● **What you need to do**
Your answer must be the full set of entries, reproduced exactly.

*** Opening Material to process ***

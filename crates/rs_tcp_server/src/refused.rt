//! What a connection was refused, in the words of the log.

use rs_server::Refusals;
use std::fmt;
use std::fmt::{Display, Formatter};

/// What the store refused a connection, behind the rest of its line. It is empty if nothing was refused.
#[derive(Clone, Copy)]
pub(crate) struct Refused(pub(crate) Refusals);

impl Display for Refused {
    fn fmt<W: fmt::Write>(&self, f: &mut Formatter<W>) -> fmt::Result {
        let Refusals {
            full,
            no_memory,
            unknown,
            filters_no_memory,
            filters_too_long,
        } = self.0;
        let mut before = ", refused ";
        for (count, what) in [
            (full, "publications (store full)"),
            (no_memory, "publications (no memory)"),
            (unknown, "publications (not known)"),
            (filters_no_memory, "filters (no memory)"),
            (filters_too_long, "filters (too many messages)"),
        ] {
            if count > 0 {
                write!(f, "{before}{count} {what}")?;
                before = ", ";
            }
        }
        Ok(())
    }
}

*** Closing Material to process ***

● **Exercise solution**
filename crates/rs_tcp_server/src/refused.rt
//! What a connection was refused, in the words of the log.

use rs_server::Refusals;
use std::fmt;
use std::fmt::{Display, Formatter};

/// What the store refused a connection, behind the rest of its line. It is empty if nothing was refused.
#[derive(Clone, Copy)]
pub(crate) struct Refused(pub(crate) Refusals);

impl Display for Refused {
    fn fmt<W: fmt::Write>(&self, f: &mut Formatter<W>) -> fmt::Result {
        let Refusals {
            full,
            no_memory,
            unknown,
            filters_no_memory,
            filters_too_long,
        } = self.0;
        let mut before = ", refused ";
        for (count, what) in [
            (full, "publications (store full)"),
            (no_memory, "publications (no memory)"),
            (unknown, "publications (not known)"),
            (filters_no_memory, "filters (no memory)"),
            (filters_too_long, "filters (too many messages)"),
        ] {
            if count > 0 {
                write!(f, "{before}{count} {what}")?;
                before = ", ";
            }
        }
        Ok(())
    }
}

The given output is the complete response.